"La question que l'on pose à celui qui rentre de Cannes est d'abord "quelles vedettes avez-vous vues" et ensuite "quels films" […] Puis il doit répondre à la deuxième question, la question clé, celle qui implique et explique toute la mythologie du festival "Est-elle aussi bien qu'à l'écran, aussi jolie, aussi fraîche" etc. Car le vrai problème est celui de la confrontation du mythe et de la réalité, des apparences et de l'essence". C'est ainsi qu'en 1955, Edgar Morin tentait de décrypter les symboles que dissimulait l'exhibition cannoise.
En réalité, ceux qui rentrent de Cannes et ceux qui y restent ne constituent en rien deux mondes que tout oppose. Néanmoins, il est évident que se juxtaposent dans un même temps plusieurs facettes d'une manifestation qui n’a d’unité que sous le nom qu’elle porte. Pour les cannois et les touristes qui fournissent l'essentiel des figurants qui peuplent les abords du palais, la manifestation est circonscrite à quelques espaces symboliques hautement médiatisés et puissamment investis. Quant aux accrédités - scindés entre médias et spectateurs du deuxième cercle - ils partagent avec les organisations, les producteurs et les artistes du "premier cercle" le privilège d'un accès direct - sporadique ou continu - aux offres du Festival et aux soirées privées. Seule une cause réconcilie momentanément ces cercles désunis : le film sorti de sa banalité quotidienne qui devient miraculeux par la grâce d'une confrontation, par la présence presque irréelle de ceux qui les font exister.

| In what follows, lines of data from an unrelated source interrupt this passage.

// The fields of each command. `point`, `listing` and `floor` differ in the types of their last two fields; what they share is `heads`.
ghost use Rattle.std.specs.Prelude.{ℕ, List, MatchOption};
ghost use Rattle.lines.specs.Limits.{most_places};
ghost use Rattle.lines.specs.Digits.{Decimal};
ghost use Rattle.lines.specs.Grammar.{Head, Then, Key, Point, Window, Listing, Floor};

use crate::digits::{decimal, pattern};
use crate::split::split_once;

const TOP_EPOCH: u64 = u64::MAX;

const TOP_NUMBER: u64 = 0xffff_ffff;

const MOST_PLACES: u64 = 64;

// The casts below lose nothing, as the check proves from these bounds, which the grammar names;
// `try_from` would hide the bound in a type.

// An epoch, a number and a pattern. In line, as are its parts: on a short line their calls would
// cost as much as a field.
#[inline(always)]
pub fn point(s: &[u8]) -> Option<(u64, u32, u32)>
    ensures { MatchOption result ((e n p : ℕ) → Point e n p s.now → ⊥) (λ t. Point t.0 t.1 t.2 s.now) }
{
    let (e, n, last) = heads(s, TOP_EPOCH, TOP_NUMBER)?;
    let p = pattern(last)?;
    Some((e, n as u32, p))
}

// An epoch and a number.
pub fn key(s: &[u8]) -> Option<(u64, u32)>
    ensures { MatchOption result ((e n : ℕ) → Key e n s.now → ⊥) (λ t. Key t.0 t.1 s.now) }
{
    let (e, n) = pair(s, TOP_EPOCH, TOP_NUMBER)?;
    Some((e, n as u32))
}

// A lower and an upper bound.
pub fn window(s: &[u8]) -> Option<(u64, u64)>
    ensures { MatchOption result ((l u : ℕ) → Window l u s.now → ⊥) (λ t. Window t.0 t.1 s.now) }
{
    pair(s, TOP_EPOCH, TOP_EPOCH)
}

// A lower and an upper bound, and how many points to list.
pub fn listing(s: &[u8]) -> Option<(u64, u64, u8)>
    ensures { MatchOption result ((l u k : ℕ) → Listing l u k s.now → ⊥) (λ t. Listing t.0 t.1 t.2 s.now) }
{
    let (l, u, last) = heads(s, TOP_EPOCH, TOP_EPOCH)?;
    let k = places(last)?;
    Some((l, u, k))
}

fn places(s: &[u8]) -> Option<u8>
    ensures { MatchOption result ((k : ℕ) → Decimal most_places k s.now → ⊥) (λ k. Decimal most_places k s.now) }
{
    let k = decimal(s, MOST_PLACES)?;
    Some(k as u8)
}

// A lower and an upper bound, and a threshold.
pub fn floor(s: &[u8]) -> Option<(u64, u64, u32)>
    ensures { MatchOption result ((l u p : ℕ) → Floor l u p s.now → ⊥) (λ t. Floor t.0 t.1 t.2 s.now) }
{
    let (l, u, last) = heads(s, TOP_EPOCH, TOP_EPOCH)?;
    let p = pattern(last)?;
    Some((l, u, p))
}

// Two decimal fields, of at most `top` and at most `next`.
fn pair(s: &[u8], top: u64, next: u64) -> Option<(u64, u64)>
    ensures { MatchOption result ((a b : ℕ) → Then top a (Decimal next b) s.now → ⊥) (λ t. Then top t.0 (Decimal next t.1) s.now) }
{
    let (a, rest) = head(s, top)?;
    let b = decimal(rest, next)?;
    Some((a, b))
}

// The same before a second blank, and what follows it.
#[inline]
fn heads(s: &[u8], top: u64, next: u64) -> Option<(u64, u64, &[u8])>
    ensures { MatchOption result ((a b : ℕ) (y : List ℕ) → Then top a (Head next b y) s.now → ⊥) (λ t. Then top t.0 (Head next t.1 t.2.now) s.now) }
{
    let (a, rest) = head(s, top)?;
    let (b, last) = head(rest, next)?;
    Some((a, b, last))
}

// A decimal field of at most `top` before the first blank, and what follows that blank.
fn head(s: &[u8], top: u64) -> Option<(u64, &[u8])>
    ensures { MatchOption result ((n : ℕ) (y : List ℕ) → Head top n y s.now → ⊥) (λ p. Head top p.0 p.1.now s.now) }
{
    let (x, y) = split_once(s, b' ')?;
    let n = decimal(x, top)?;
    Some((n, y))
}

À Cannes, le festivalier doit compter à son tableau de chasse au moins un échange, une rencontre organisée ou hasardeuse avec une star ou supposée telle. Il devra être en mesure d'exercer sur elle un jugement critique qui outrepasse l'image construite dans l'artifice pour arbitrer sur l'humain qu'elle claquemure. La condition nécessaire à cet échange implique que le spectateur puisse suspendre momentanément la frontière qui le sépare de la star. Pour que cette suspension soit possible, il n'y a qu’une alternative : soit choisir une définition plus large de l'idée de star, soit charger le statut du spectateur anonyme pour qu'il devienne momentanément assimilable à celui de la star. Aussi n'y a-t-il rien d'étonnant à ce que, dans les salles, la coprésence ambiguë de l'acteur, du système, et de l'œuvre filmique se traduise par une écoute singulière qui métamorphose les spectateurs en un corps momentanément unifié, fortement réactif et sensible, marquant par ses rires, ses applaudissements et ses interjections, les inflexions narratives et émotionnelles des films.
C’est là le sens et l’intérêt majeur du Festival de Cannes : être un lieu de culte autant qu’un lieu de culture où s’exhibent dans leur pluralité les attitudes spectatorielles dont on ne conserve souvent que le souvenir passionné et passionnel.